Imprese confiscate per mafia Un titolare su cinque è donna Il fenomeno delle prestanome
Oltre 350 mila le imprese a rischio. Infiltrazioni in servizi e comunicazione
Sono oltre 355mila le imprese lombarde che presentano almeno un indicatore di rischio per infiltrazioni criminali. Tradotto: dalla presenza femminile in ruoli apicali alle percentuali azionarie al di sotto delle soglie di identificazione fino alle sedi legali ricorrenti. La liste delle possibile «spie» è di 30 voci. E, va precisato, un solo elemento non equivale a una penetrazione criminale. È la congiuntura che allarma. Nel caso in cui si considerino quindi un minimo di due fattori «pericolosi», il numero di aziende scende a quasi 60 mila. Il 6% del totale, contro un 65% che non compare in nessuna delle voci rischiose.
È questo lo spaccato che emerge dalla ricerca promossa da Polis lombardia, dalla Commissione regionale antimafia e da Transcrime dell’Università Cattolica. Lo studio sarà presentato oggi nel corso della seduta per il 32esimo anniversario della strage di Capaci. I settori in cui si concentrano le società lombarde con anomalie sono quelli di forniture di energia e gas, quelli scientifici, tecnici e legati alla comunicazione. Tra le province con aziende a rischio sotto almeno tre voci, spicca Milano (l’1% sul totale provinciale), seguita da Brescia e Como.

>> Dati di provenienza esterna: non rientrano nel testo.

//! Copies and other combinations of ranges of bits, between two memories and inside one.
//!
//! A copy is the combination that takes the source's bit, so all of them are one engine.
//!
//! Where a cost hangs on the orders, two of them are one order where their words have one width
//! and each index has one position under both.

ghost use Rattle.std.specs.Prelude.{◌≡◌, ℕ, ℤ, pos, nat_abs, ◌+◌, ◌*◌, ◌<◌, ◌≤◌, ◌+ℤ◌, ◌≤ℤ◌, true};
ghost use Rattle.std.specs.Prelude.{false, length, map};
ghost use Rattle.std.specs.Int.{int_div_euclid};
ghost use Rattle.bitvec_ptr.specs.BitPtr.{ptr_of, ptr_place, bits_by, bits_with_copy, bits_with};
ghost use Rattle.bitvec_ptr.specs.BitPtr.{far_edge};
ghost use Rattle.bitvec_ptr.specs.Place.{place_of, words_met, region_max_bits};
ghost use Rattle.bitvec_ptr.specs.Steps.{RangeIsIn, AreApart};
ghost use Rattle.bitvec_ptr.specs.WordWriter.{writer_memory, writer_of};

mod gather;
mod pairs;
mod question;
mod words;

use crate::ptr::combine::{Combine, Source};
use crate::ptr::copy::words::{combine_bits, combine_bits_within};
use crate::ptr::cursor::Cursor;
use crate::ptr::single::BitPtr;
use crate::ptr::writer::{WordWriter, near_edge};
use bitvec_mem::mem::BitRegister;
use bitvec_order::order::BitOrder;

Tra le altre «spie», oltre alla presenza femminile, i legami societari opachi che non permettono di risalire al titolare effettivo, i cambi di ragione sociale e di Cda, la ricorrenza nei vertici di persone già presenti in imprese fallite o non più attive e tutti quegli indicatori riconducibili alle cosiddette società cartiere.

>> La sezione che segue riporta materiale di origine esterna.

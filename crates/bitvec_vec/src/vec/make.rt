//! How vectors are made, and their words.

ghost use Rattle.std.specs.Prelude.{◌≡◌, ◌≤◌, ◌<◌, ◌*◌, [], IfOk, OnErr, length, map, min};
ghost use Rattle.std.specs.Prelude.{replicate, vec_len, vec_capacity};
ghost use Rattle.bitvec.specs.Memory.{memory_bits};
ghost use Rattle.bitvec.specs.Place.{region_max_bits};
ghost use Rattle.bitvec_slice.specs.BitSlice.{slice_bits};
ghost use Rattle.bitvec_vec.specs.Front.{front_bits, words_for};

use crate::vec::BitVec;
use bitvec::mem::BitRegister;
use bitvec::order::BitOrder;
use bitvec_slice::slice::BitSlice;
use std::alloc::{AllocError, Allocator};
use std::marker::PhantomData;

impl<R: BitRegister, O: BitOrder<R>, A: Allocator> BitVec<R, O, A> {
    ghost use Rattle.bitvec_vec.specs.BitVec.{vec_bits, bit_capacity};

    /// No bits. Takes no memory. Constant time.
    pub fn new(alloc: A) -> Self
        ensures bits { vec_bits result ≡ [] }
        ensures capacity { bit_capacity result ≡ 0 }
    {
        BitVec {
            words: Vec::new(alloc),
            len: 0,
            of: PhantomData,
        }
    }

    /// No bits, and memory for `capacity` bits. It refuses where memory is refused, or where
    /// `capacity` is more than 2305843009213693951. For a capacity of 0 it asks for no memory, and
    /// never refuses. Costs one request to the allocator.
    pub fn with_capacity(alloc: A, capacity: usize) -> Result<Self, AllocError>
        ensures bits { IfOk result (λ vec. vec_bits vec ≡ []) }
        ensures capacity { IfOk result (λ vec. capacity ≤ bit_capacity vec) }
        ensures full { OnErr result (0 < capacity) }
    {
        let mut vec = BitVec::new(alloc);
        vec.reserve(capacity)?;
        Ok(vec)
    }

    /// The same bit `len` times. It refuses where memory is refused, or where there would be more
    /// than 2305843009213693951 bits; no bits take no memory, and are never refused. Costs by
    /// words.
    ///
    /// # Examples
    ///
    /// ```
    /// let zeros = BitVec::<u8, Msb0>::repeat(rt.alloc(), false, 50)?;
    /// let ones = BitVec::<u16, Lsb0>::repeat(rt.alloc(), true, 50)?;
    /// assert_eq!(rt; zeros.len(), 50);
    /// assert_eq!(rt; zeros.as_bitslice().count_ones(), 0);
    /// assert_eq!(rt; ones.as_bitslice().count_ones(), 50);
    /// ```
    pub fn repeat(alloc: A, bit: bool, len: usize) -> Result<Self, AllocError>
        ensures bits { IfOk result (λ vec. vec_bits vec ≡ replicate len bit) }
        ensures full { OnErr result (0 < len) }
    {
        let mut vec = BitVec::new(alloc);
        vec.resize(len, bit)?;
        Ok(vec)
    }

    /// The bits of a slice, of any register and order. It refuses where memory is refused; no bits
    /// take none, and are never refused. By words where the positions of both orders rise or those
    /// of both fall, else by bits.
    ///
    /// # Examples
    ///
    /// ```
    /// let memory = [0x2Cu8];
    /// let span: BitSpan<u8, Lsb0> = BitSpan::at(2, 4).unwrap();
    /// let slice = BitSlice::new(span, &memory).ok_or("outside")?;
    /// let bits = BitVec::<u32, Msb0>::from_bitslice(rt.alloc(), slice)?;
    /// assert_eq!(rt; bits.len(), 4);
    /// assert_eq!(rt; bits.get(0), Some(true));
    /// assert_eq!(rt; bits.get(2), Some(false));
    /// ```
    pub fn from_bitslice<R2: BitRegister, O2: BitOrder<R2>>(
        alloc: A,
        slice: BitSlice<'_, R2, O2>,
    ) -> Result<Self, AllocError>
        ensures bits { IfOk result (λ vec. vec_bits vec ≡ slice_bits slice.entry) }
        ensures full { OnErr result (0 < length (slice_bits slice.entry)) }
    {
        let mut vec = BitVec::new(alloc);
        vec.extend_from_bitslice(slice)?;
        Ok(vec)
    }

    /// Every bit of some words, in order, with the room that the words have. Requires that there
    /// are at most 2305843009213693951 bits. Constant time. The Rust crate's `from_vec`.
    ///
    /// # Examples
    ///
    /// ```
    /// let words = vec![in rt.alloc(); 0x81u8, 0x0F]?;
    /// assert!(rt; words.len() < 100);
    /// let bits = BitVec::<u8, Msb0>::from_words(words);
    /// assert_eq!(rt; bits.len(), 16);
    /// assert_eq!(rt; bits.get(7), Some(true));
    /// assert_eq!(rt; bits.get(8), Some(false));
    /// ```
    pub fn from_words(words: Vec<R, A>) -> Self
        requires { vec_len words * R.BITS ≤ region_max_bits }
        ensures bits { vec_bits result ≡ memory_bits R.BITS O.at_of (map R.number words.items) }
        ensures capacity { bit_capacity result
            ≡ min (vec_capacity words * R.BITS) region_max_bits }
    {
        let len = words.len() * usize::from(R::BITS);
        BitVec {
            words,
            len,
            of: PhantomData,
        }
    }

    /// The words that the bits lie in, and no others, with all their room. What the last word has
    /// behind the bits is not said. Constant time. The Rust crate's `into_vec`.
    pub fn into_words(self) -> Vec<R, A>
        ensures capacity { min (vec_capacity result * R.BITS) region_max_bits
            ≡ bit_capacity self }
        ensures words { vec_len result ≡ words_for R.BITS (length (vec_bits self)) }
        ensures bits { front_bits R.BITS O.at_of (length (vec_bits self))
            (map R.number result.items) ≡ vec_bits self }
    {
        let BitVec {
            words,
            len: _,
            of: _,
        } = self;
        words
    }
}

La ricchezza attrae. Con oltre 840 mila imprese attive (poco meno del 20% di quelle italiane), la Lombardia produce un quarto del Pil nazionale. La criminalità organizzata così si adegua, se si considera che nell’ultimo decennio in regione c’è stato un solo omicidio di stampo mafioso. Le attività arrivate a confisca definitiva sono 248, pari all’8,4% delle confische nel Paese. «La criminalità preda le nostre imprese, spesso sprovviste degli anticorpi — commenta la presidente della Commissione antimafia Paola Pollini —. Questo studio offre un sistema di analisi quasi predittivo».
La conferma arriva dall’applicazione dei fattori di rischio a un campione di imprese colpite da interdittive della Prefettura dal 2018 all’anno scorso. È da questo incrocio che è emerso come un’azienda su cinque (il 20%) tra quelle «adocchiate» dal prefetto si distinguano per una presenza femminile nei ruoli apicali. Un elemento che permette di osservare la tendenza a collocare prestanome a capo di attività, magari parenti e talvolta donne. Che, nel mondo criminale — nonostante un panorama in evoluzione negli ultimi decenni — occupano posizioni gregarie o da «ambasciatrici».
Tra gli indicatori che lo studio sintetizza, una componente significativa la occupano anche le imprese con anomalie nelle carriere imprenditoriali dei propri leader, con precedenti esperienze in imprese fallite o non più attive. In questo caso, i riscontri sono sempre del 20%. Stessa percentuale per aziende legati a reticoli imprenditoriali sospetti. «Da sondare» il restante 40% delle aziende colpite da interdittive che non rispondono alle spie ipotizzate dallo studio. Un residuo che dimostra la complessa capacità di mimesi delle infiltrazioni che potrebbero agire in maniera diversa. Quindi da scoprire.